The next morning, Milkman goes back to Solomon's store to see if his car has been repaired. As he waits, he listens to the town's children singing Solomon's song, which includes the names Solomon, Jay (Jake), Heddy, and Ryna; the song begins to make sense to him — these are the names of his ancestors. Excited, he decides to revisit Susan Byrd for more information.
Susan Byrd's house, with its brick front, white picket fence, and "four little steps painted blue," evokes the all-American red, white, and blue imagery introduced in Chapter 1. But here again, the American Dream has fallen short of its promise. Susan Byrd's "people" have all left Shalimar and are "passing" as white because of their light skin. Like Macon, Susan has only the empty trappings of success. Despite the illusions of flight associated with her — suggested by the gray velvet wing-back chair in which Milkman sits — this Byrd is unable to fly. Although Susan is a direct descendant of people who could fly, she has lost those magical powers.
Morrison delights in systematically setting up and demolishing readers' expectations. We are met with the smell of gingerbread baking, but the "witch" who lives in this gingerbread house prefers pale butter cookies and coffee with both cream and sugar — symbolic of Susan's relatives passing as white. The smell of ginger recalls the same smell earlier at Circe's mansion and, at night, in Southside. And although the child's swing hanging from the cedar tree suggests the presence of children, all children are long gone.
As Milkman learns compassion, he becomes whole. Although he leaves Susan's house feeling "tired and off center," for the first time in his life he feels a genuine, positive connection to his black heritage and to the people of Shalimar. Morrison writes of him, "He didn't feel close to them, but he did feel connected, as though there was some cord or pulse or information they shared." And when he sees Guitar waiting for him, he is calm and surprised at the "complete absence of fear" in himself. Milkman is now an adult who faces conflicts rationally rather than emotionally — and rather than running away.
Back in Shalimar, as Milkman listens to the children singing Solomon's song, he thinks about his past. He sympathizes with his mother and her forced twenty-year celibacy; he understands more fully his father, whose materialism Milkman now sees as "homage" to Macon's own father, the founder of Lincoln's Heaven; and he becomes ashamed of his treatment of Pilate and Hagar. He also realizes that he has no reason to hate his sisters. When he catches a glimpse of himself in the plate-glass window of Solomon's store, he sees a reflection of himself that is not distorted or fragmented: "He was grinning. His eyes were shining. He was as eager and happy as he had ever been in his life."

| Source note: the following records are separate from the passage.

//! The statements of a drawing.
ghost use Rattle.std.specs.Prelude.{◌≡◌, ◌++◌, ◌∷◌, [], Some, None, false, IfOk, OnOk, map, option_map, string_bytes};
ghost use Rattle.chart_layout.specs.Drawn.{drawn, drawn_statement, drawn_call};
ghost use Rattle.flowchart_methods.specs.Turns.{AddsInTurn};
ghost use Rattle.flowchart_methods.specs.Conditions.{condition_at};
ghost use Rattle.flowchart_methods.specs.Marks.{mark_at, mark_words};
ghost use Rattle.flowchart_methods.specs.Captions.{condition_text, placed_caption, statement_caption, statement_captions};
ghost use Rattle.flowchart_methods.specs.private.Subjects.{beside_subject};

use crate::conditions::Condition;
use crate::kind::{ExitKind, MarkKind};
use crate::mark::Mark;
use crate::measures::{
    CALL_BASE, CALL_LINE, CALL_PLACE_BASE, CALL_PLACE_RISE, CALL_WORD_DROP, MARK_SIDE, PLACE_BASE,
    TEXT_BASE, px,
};
use chart_layout::{
    BENEATH_INDENT, BOX_SIDE, CALL_HEIGHT, CALL_SIDE, Call, LINE_HEIGHT, Line, Piece, Px,
    STATEMENT_GAP, Statement, TEST_SIDE, TEXT_DROP, Word, Written,
};
use flowchart_markup::{Fill, Page};
use pap_tree::Name;
use std::alloc::{AllocError, Global};

/// The start of the group of a statement of which something is known.
const KNOWN_START: &str = "<g id=\"%:%\" role=\"group\" aria-label=\"%:%%: %; %\" class=\"s\">";

/// That of one that a run executed.
const RAN_START: &str = "<g id=\"%:%\" role=\"group\" aria-label=\"%:%%: %; %\" class=\"s ran\">";

/// That of one to which no run came.
const MISSED_START: &str =
    "<g id=\"%:%\" role=\"group\" aria-label=\"%:%%: %; %\" class=\"s missed\">";

/// That of one to which no run within the ranges comes.
const DEAD_START: &str = "<g id=\"%:%\" role=\"group\" aria-label=\"%:%%: %; %\" class=\"s dead\">";

/// That of the one at which the walk over the ranges stops.
const FAILING_START: &str =
    "<g id=\"%:%\" role=\"group\" aria-label=\"%:%%: %; %\" class=\"s bad\">";

/// The method that is drawn.
#[derive(Clone, Copy)]
pub(crate) struct Subject<'a> {
    pub name: &'a Name,
    /// Where each statement stands, by its number.
    pub conditions: &'a [Option<Condition>],
    /// What is known of it, by its number.
    pub marks: &'a [Mark],
    /// The plan is refused for the method.
    pub is_refused: bool,
    /// The names of the methods that there are, in order.
    pub methods: &'a [Name],
}

impl<'a> Subject<'a> {
    /// What is known of the statement of a number.
    pub(crate) fn mark(self, number: u32) -> Option<&'a Mark> {
        self.marks.get(number as usize)
    }

    /// What kind of thing is known of the statement of a number.
    fn kind(self, number: u32) -> MarkKind
        ensures { result ≡ (mark_at self.entry.marks.now number).kind }
    {
        match self.marks.get(number as usize) {
            Some(mark) => mark.kind(),
            None => MarkKind::Nothing,
        }
    }

    /// What is known of the exit of the test of a number at which a word stands.
    pub(crate) fn exit(self, test: u32, word: Word) -> ExitKind {
        let Some(mark) = self.mark(test) else {
            return ExitKind::Open;
        };
        match word {
            Word::Yes => mark.exit(true),
            Word::No => mark.exit(false),
            Word::YesOrNo => mark.either_exit(),
        }
    }
}

/// Where the text of a statement stands.
#[derive(Clone, Copy)]
struct TextFrame {
    x: Px,
    top: Px,
    /// Where it ends at the right.
    end: Px,
}

/// Appends a box with some statements.
#[tactic(auto, using(crate::proofs::Laws::adds_before))]
pub(crate) fn write_box(
    page: &mut Page,
    subject: Subject<'_>,
    x: Px,
    y: Px,
    width: Px,
    height: Px,
    row: &[Statement],
) -> Result<(), AllocError>
    ensures { OnOk result (AddsInTurn
        (statement_captions subject.entry.name.now (beside_subject subject.entry)
        (map drawn_statement row.now)) page.old page.new) }
{
    page.append(&box_symbol(page.alloc(), subject, x, y, width, height, row)?)?;
    let frame = TextFrame {
        x: x + BOX_SIDE,
        top: y + TEXT_DROP,
        end: x + width - BOX_SIDE,
    };
    write_statements(page, subject, row, frame)?;
    Ok(())
}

ridge here, a chain of hills.
wing-back chair a high-backed chair from which enclosing side pieces are attached.
normal school a school that trains teachers for the elementary grades.
Quakers the Society of Friends, a religious denomination. Quakers were instrumental in helping runaway slaves reach freedom in the North.
okra a pod-shaped vegetable, commonly grown in the South.
fluted plates plates whose edges are grooved, like the outer crust of a pie.
stove eye slang for a stove's opening.